Search each line below for the word "ensures" and list those that contain it.

◆ ◆ ◆

//! What a client makes of its server's texts.
ghost use Rattle.std.specs.Prelude.{◌≡◌, ◌≢◌, None, option_map, OnOk, OnErr};
ghost use Rattle.ejson_value.specs.View.{view};
ghost use Rattle.ddp_messages.specs.ServerMessage.{server_view};
ghost use Rattle.ddp_messages.specs.ServerMessage as server;
ghost use Rattle.client_core.specs.Taken.{IsRead, Tells, Hears, Takes};
ghost use Rattle.ddp_messages.specs.ClientMessage as client;
ghost use Rattle.ddp_messages.specs.Texts.{client_text};
ghost use Rattle.client_model.specs.Taking.{turned, ended_by as end_of};
ghost use Rattle.client_model.specs.Asking.{with_text};

use crate::calls::{finish, outcome_by, update, updated, without_result};
use crate::client::Client;
use crate::fault::TakeFault;
use crate::subs::ended_by;
use crate::texts::pong;
use ddp_messages::{FromServer, MsgFault};
use ejson_value::{Fault, Mem, Names, Text, Value};
use heard_messages::Heard;
use json::Scratch;

/// How many bytes a text may have that a client reads.
const MAX_SERVER_TEXT: usize = 4_194_304;

// Reads a text as a message.
fn read(text: &Text, scratch: &mut Scratch, heard: &mut Heard) -> Result<FromServer, TakeFault>
    ensures { IsRead text.now result }
{
    if text.len() > MAX_SERVER_TEXT {
        return Err(TakeFault::ServerSent(1));
    }
    match heard.read(text, scratch) {
        Ok(message) => Ok(message),
        Err(MsgFault::Parse) => Err(TakeFault::ServerSent(1)),
        Err(MsgFault::BadRequest { .. }) => Err(TakeFault::ServerSent(2)),
        Err(MsgFault::Memory) => Err(TakeFault::Memory),
    }
}

impl Client {
    // Answers a `ping`.
    fn answer(&mut self, id: &Option<Text>) -> Result<(), Mem>
        ensures ok { OnOk result (self.new ≡ record self.old { client = with_text (client_text (client.pong id.now)) self.old.client }) }
        ensures err { OnErr result (self.new ≡ self.old) }
    {
        let answer = pong(self.alloc, id)?;
        self.waiting.push_back(answer)?;
        Ok(())
    }

    // The subscription is over.
    fn end_sub(&mut self, id: &Text, error: &Option<Fault>) -> Result<(), Mem>
        ensures ok { OnOk result
            (self.new ≡ record self.old { client = record self.old.client { subs = turned (end_of error.now) id.now self.old.client.subs } }) }
        ensures err { OnErr result (self.new ≡ self.old) }
    {
        let state = ended_by(error)?;
        self.subs.turn(id, state);
        Ok(())
    }

    // The method of this id has returned.
    fn end_call(
        &mut self,
        id: &Text,
        error: &Option<Fault>,
        value: &Option<Value>,
    ) -> Result<(), TakeFault>
        requires { self.old.client.session ≢ None }
        ensures { Tells (server.finished id.now error.now (option_map view value.now)) self.old self.new result }
    {
        self.known();
        let Some(number) = without_result(self.alloc, self.calls.as_slice(), id)? else {
            return Err(TakeFault::ServerSent(8));
        };
        let outcome = outcome_by(error, value)?;
        finish(&mut self.calls, number, outcome);
        Ok(())
    }

    // The writes of the methods of these ids are there: their simulations are over.
    fn update_calls(&mut self, methods: &Names) -> Result<(), TakeFault>
        requires { self.old.client.session ≢ None }
        ensures { Tells (server.updated methods.now) self.old self.new result }
    {
        self.known();
        let Some(numbers) = updated(self.alloc, self.calls.as_slice(), methods)? else {
            return Err(TakeFault::ServerSent(9));
        };
        self.view.release(numbers.as_slice())?;
        update(&mut self.calls, numbers.as_slice());
        Ok(())
    }

    // Takes a message before `connected` was taken.
    fn tell_early(&mut self, message: &FromServer) -> Result<(), TakeFault>
        requires { self.old.client.session ≡ None }
        ensures { Tells (server_view message.now) self.old self.new result }
    {
        match message {
            FromServer::Connected { session } => {
                self.session = Some(session.copy()?);
                Ok(())
            }
            FromServer::Failed { .. } => {
                self.is_failed = true;
                Ok(())
            }
            FromServer::Ping { id } => Ok(self.answer(id)?),
            FromServer::Pong { .. } | FromServer::Error { .. } | FromServer::Unknown => Ok(()),
            FromServer::Nosub { .. }
            | FromServer::Ready { .. }
            | FromServer::Data(_)
            | FromServer::Result { .. }
            | FromServer::Updated { .. } => Err(TakeFault::ServerSent(3)),
        }
    }

    // Takes a message after that.
    fn tell_late(&mut self, message: &FromServer) -> Result<(), TakeFault>
        requires { self.old.client.session ≢ None }
        ensures { Tells (server_view message.now) self.old self.new result }
    {
        match message {
            FromServer::Connected { .. } | FromServer::Failed { .. } => {
                Err(TakeFault::ServerSent(4))
            }
            FromServer::Ping { id } => Ok(self.answer(id)?),
            FromServer::Nosub { id, error } => Ok(self.end_sub(id, error)?),
            FromServer::Ready { subs } => {
                self.subs.turn_ready(subs);
                Ok(())
            }
            FromServer::Data(message) => Ok(self.view.apply(message)?),
            FromServer::Result {
                id,
                error,
                result: value,
            } => self.end_call(id, error, value),
            FromServer::Updated { methods } => self.update_calls(methods),
            FromServer::Pong { .. } | FromServer::Error { .. } | FromServer::Unknown => Ok(()),
        }
    }

    // Takes a message, or refuses it and changes nothing.
    fn tell(&mut self, message: FromServer) -> Result<(), TakeFault>
        ensures { Tells (server_view message) self.old self.new result }
    {
        let told = if self.session.is_none() {
            self.tell_early(&message)
        } else {
            self.tell_late(&message)
        };
        drop(message);
        told
    }

    // Takes a text, or refuses it and changes nothing.
    fn hear(&mut self, text: &Text, heard: &mut Heard) -> Result<(), TakeFault>
        ensures { Hears text.now self.old self.new result }
    {
        let message = read(text, &mut self.scratch, heard)?;
        self.tell(message)
    }

    /// Takes a text of the server. A refused one breaks the client by the number of its refusal, and
    /// changes nothing else: from then on it takes nothing and asks for nothing. Others may have read
    /// the text already.
    pub fn take(&mut self, text: &Text, heard: &mut Heard) -> Result<(), TakeFault>
        ensures { Takes text.now self.old self.new result }
    {
        if self.is_failed || self.broken.is_some() {
            return Err(TakeFault::Idle);
        }
        let taken = self.hear(text, heard);
        if let Err(TakeFault::ServerSent(number)) = taken {
            self.broken = Some(number);
        }
        taken
    }
}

◆ ◆ ◆

* Worked solution
    ensures { IsRead text.now result }
        ensures ok { OnOk result (self.new ≡ record self.old { client = with_text (client_text (client.pong id.now)) self.old.client }) }
        ensures err { OnErr result (self.new ≡ self.old) }
        ensures ok { OnOk result
        ensures err { OnErr result (self.new ≡ self.old) }
        ensures { Tells (server.finished id.now error.now (option_map view value.now)) self.old self.new result }
        ensures { Tells (server.updated methods.now) self.old self.new result }
        ensures { Tells (server_view message.now) self.old self.new result }
        ensures { Tells (server_view message.now) self.old self.new result }
        ensures { Tells (server_view message) self.old self.new result }
        ensures { Hears text.now self.old self.new result }
        ensures { Takes text.now self.old self.new result }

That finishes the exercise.